Fluval Shrimp Stratum


----------



## Aplomado (Feb 20, 2013)

Very nice!


----------



## AquaAurora (Jul 10, 2013)

dru said:


> Thanks! The tank has been up for about a year.
> 
> I do have some green hair algae on the crypts but this pic is right after a PWC and a trim.
> 
> The heater is an up-aqua 25w adjustable and the filter is a zoo med 501 running just the ceramic media and the sponge.


Shhh see no algae.. be no algae ^_~ The tank is so lovely it makes me tempted to try the 3 gallon bow (never tried a bow) and crypts (dread the melt!). Just really love the vibrant green! As a side question, what's your betta's name and "type"? Vale tail? He blends beautiflly with the wood hues in that first photo.


----------



## artresz (Aug 24, 2012)

Love it! Especially because my 3 gallon has the same plants and doesn't look near as nice yet. XD 
I've seen a few people with that light (or at least they look similar) what brand is it?


----------



## dru (Mar 9, 2013)

AquaAurora said:


> Shhh see no algae.. be no algae ^_~ The tank is so lovely it makes me tempted to try the 3 gallon bow (never tried a bow) and crypts (dread the melt!). Just really love the vibrant green! As a side question, what's your betta's name and "type"? Vale tail? He blends beautiflly with the wood hues in that first photo.


Thanks, yes he is a veiltail. He is pretty cool, he likes to wedge himself in seemingly impossible spots. I am surprised he hasn't uprooted anything.

I dealt with crypt melt when I was playing around with the filter hose placement a couple of months ago. I hooked the inflow/outflow up backwards and blasted that area with outflow current for about 5 seconds. They eventually recovered but it was a slow process. You really have to have patience with crypts. They initially took forever to start growing. 



artresz said:


> Love it! Especially because my 3 gallon has the same plants and doesn't look near as nice yet. XD
> I've seen a few people with that light (or at least they look similar) what brand is it?


Thanks. Light is dolphin curve LED available on Amazon


----------



## farmhand (Jun 25, 2009)

Thanks. Light is dolphin curve LED available on Amazon[/QUOTE]

Is it the 6 or 9 LED model? Do you have any idea how much par it gives off?


----------



## AquaAurora (Jul 10, 2013)

farmhand said:


> Is it the 6 or 9 LED model? Do you have any idea how much par it gives off?

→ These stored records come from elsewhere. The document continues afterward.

//! All faults of a court's file.

ghost use Rattle.std.specs.Prelude.{◌≡◌, ◌≢◌, ◌++◌, ◌∷◌, [], List, map, IfOk, OnOk};
ghost use Rattle.toml.specs.View.{table_view};
ghost use Rattle.court_file_text.specs.declared.fault.CourtFault.TheVariants.{OutOfMemory};
ghost use Rattle.court_file_check.specs.Seen.{FaultView, seen};
ghost use Rattle.court_file_check.specs.Faults.{faults_in};

use court_file_text::{CourtFault, Key};
use std::alloc::{AllocError, Global};
use std::marker::Model;
use toml::Table;

mod dates;
mod keys;
pub(crate) mod names;

use dates::check_dates;
use keys::{check_efiling, check_hours, check_span, check_zone};
use names::check_names;

/// What is wrong.
#[derive(Debug, Drop)]
pub enum What {
    /// What reading the key or the item answers.
    Read(CourtFault),
    /// The text is no name that a judge or a room may have.
    BadName(String),
    /// The name is in its list before.
    TwiceNamed(String),
}

/// A fault of a court's file: the key, the item of its list, counted from 0, if it is at one, and what is wrong there.
#[derive(Debug, Drop)]
pub struct Fault {
    /// The key.
    pub key: Key,
    /// The item of its list.
    pub item: Option<usize>,
    /// What is wrong.
    pub what: What,
}

/// Faults in the order in which they were found.
#[derive(Debug, Drop)]
pub(crate) struct Faults {
    list: Vec<Fault>,
}

impl Model for Faults {
    ghost Value = { List FaultView };

    ghost view = { λ f. map seen f.list.items };
}

impl Faults {
    /// None.
    fn none(alloc: Global) -> Faults
        ensures { result ≡ [] }
    {
        Faults {
            list: Vec::new(alloc),
        }
    }

    /// One more.
    fn add(&mut self, fault: Fault) -> Result<(), AllocError>
        ensures { OnOk result (self.new ≡ self.old ++ seen fault ∷ []) }
    {
        self.list.push(fault)?;
        Ok(())
    }

    /// One more, which reading a key or an item answered. An `Err` says that memory ran out, as the answer says too if it
    /// is that.
    fn add_read(
        &mut self,
        key: Key,
        item: Option<usize>,
        fault: CourtFault,
    ) -> Result<(), AllocError>
        ensures added { OnOk result (self.new ≡ self.old ++ record { key = key; item = item; fault = fault } ∷ []) }
        ensures read { OnOk result (fault ≢ OutOfMemory) }
    {
        match fault {
            CourtFault::OutOfMemory => Err(AllocError),
            _ => self.add(Fault {
                key,
                item,
                what: What::Read(fault),
            }),
        }
    }
}

/// All faults of a court's file that is TOML, in the order of its keys; each list item by item, if it isn't too long. An
/// `Err` says that memory ran out.
pub fn faults_of(alloc: Global, file: &Table) -> Result<Vec<Fault>, AllocError>
    ensures { IfOk result (λ faults. map seen faults.items ≡ faults_in (table_view file.now)) }
{
    let mut faults = Faults::none(alloc);
    check_zone(file, &mut faults)?;
    check_hours(file, &mut faults)?;
    check_span(alloc, file, &mut faults)?;
    check_dates(alloc, file, Key::Federal, &mut faults)?;
    check_dates(alloc, file, Key::State, &mut faults)?;
    check_names(alloc, file, Key::Judges, &mut faults)?;
    check_names(alloc, file, Key::Rooms, &mut faults)?;
    check_efiling(file, &mut faults)?;
    Ok(faults.list)
}
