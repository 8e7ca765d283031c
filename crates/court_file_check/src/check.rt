//! The check of a court's file.

ghost use Rattle.std.specs.Prelude.{◌≡◌, ◌≢◌, [], Ok, map, IfOk};
ghost use Rattle.std.specs.Bool.{OnTrue, OnFalse};
ghost use Rattle.toml.specs.View.{table_view};
ghost use Rattle.court_days.specs.Words.{desk_court_of, file_of};
ghost use Rattle.court_file_check.specs.Faults.{faults_in};
ghost use Rattle.court_file_check.specs.Seen.{seen};
ghost use Rattle.court_file_check.specs.Check.{IsCheckOf, IsDocumentCheck};

use crate::faults::{Fault, faults_of};
use crate::warnings::{Asked, Warnings, warnings_of};
use court_days::Court;
use court_file_text::CourtFault;
use std::alloc::{AllocError, Global};
use toml::Table;
use toml::de::Error;

/// What a check finds.
#[derive(Debug, Drop)]
pub enum Checked {
    /// The file is no TOML: where, and why.
    NotToml(Error),
    /// The document has these faults, at least one.
    Faulty(Table, Vec<Fault>),
    /// The document has no fault, and this is what may be wrong with it.
    Taken(Table, Warnings),
}

/// Checks a court's file. An `Err` says that memory ran out.
pub fn check_file(alloc: Global, bytes: &[u8], asked: &Asked) -> Result<Checked, AllocError>
    ensures { IfOk result (IsCheckOf asked.now bytes.now) }
{
    match toml::table_from_slice(alloc, bytes) {
        Ok(file) => {
            let checked = check_document(alloc, bytes, file, asked)?;
            Ok(checked)
        }
        Err(error) => {
            if error.is_memory() {
                return Err(AllocError);
            }
            Ok(Checked::NotToml(error))
        }
    }
}

/// Checks a document.
fn check_document(
    alloc: Global,
    text: &[u8],
    file: Table,
    asked: &Asked,
) -> Result<Checked, AllocError>
    ensures { IfOk result (IsDocumentCheck asked.now text.now (table_view file)) }
{
    let faults = faults_of(alloc, &file)?;
    if has_any(&faults) {
        return Ok(Checked::Faulty(file, faults));
    }
    let court = court_of(alloc, &file)?;
    let warnings = warnings_of(alloc, text, &file, &court, asked)?;
    Ok(Checked::Taken(file, warnings))
}

/// Whether there are faults.
#[tactic(auto, using(crate::proofs::CheckLemmas::none_seen, crate::proofs::CheckLemmas::some_seen))]
fn has_any(faults: &[Fault]) -> bool
    ensures some { OnTrue result (map seen faults.now ≢ []) }
    ensures none { OnFalse result (map seen faults.now ≡ []) }
{
    !faults.is_empty()
}

/// The court of a document without faults. An `Err` says that memory ran out.
#[tactic(auto, using(crate::proofs::CheckLemmas::no_fault))]
fn court_of(alloc: Global, file: &Table) -> Result<Court, AllocError>
    requires { faults_in (table_view file.now) ≡ [] }
    ensures { IfOk result (λ court. desk_court_of (table_view file.now) ≡ Ok (file_of court)) }
{
    match Court::from_desk_table(alloc, file) {
        Ok(court) => Ok(court),
        Err(CourtFault::OutOfMemory) => Err(AllocError),
        Err(_) => unreachable!(),
    }
}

Judging by the plant list its par is enough to equate to medium light for the staurogyne repen ... looking at it on amazon it lists lums (but not par), and user reviews says medium light as they successfully grow plants that need that range.. see here (link is for the 6 led one).

This is a very cool light, if I'd not already planned a cfl with a diy light fixture cover to make it look nice I'd grab one of these lights!


----------



## dru (Mar 9, 2013)

That 9 LED version looks cool but it is pricey IMO. I don't think that one was available when I got the 6LED 6500k version. 

I would guess medium / low-medium light also. I searched ad nauseum for PAR values when I purchased it but couldn't find any.


----------



## AquaAurora (Jul 10, 2013)

dru said:


> That 9 LED version looks cool but it is pricey IMO. I don't think that one was available when I got the 6LED 6500k version.
> 
> I would guess medium / low-medium light also. I searched ad nauseum for PAR values when I purchased it but couldn't find any.


You should be able to contact the company who makes it and ask. I'd contacted Aqueon about a LED light I had, glad I did, it barely was a "low light" and only directly under it at less than 12 inches.


----------



## dru (Mar 9, 2013)

From the initial setup:


----------



## AquaAurora (Jul 10, 2013)

dru said:


> From the initial setup:


Wow thats a nice bit of growth for such slow plants (crypt) in a year.


----------



## AndyS (Dec 27, 2007)

AquaAurora said:


> Wow thats a nice bit of growth for such slow plants (crypt) in a year.



I don't know, my crypts would have taken over my 9 gallon cube if I'd have let them, and I think they originated from just one pet store pot. This is on medium light with minimal fertilizer.

(Nice looking tank. I'm now wondering about the repens for my little tank.)


----------



## Basil (Jul 11, 2011)

How's the 3 gallon doing?


----------



## dru (Mar 9, 2013)

Basil said:


> How's the 3 gallon doing?


Just saw this post, sorry. I actually just replanted everything

Updated pic:










New filter / light / substrate / painted bg

Crypt Tropica, Rotala, Anubias, Rosette Sword


----------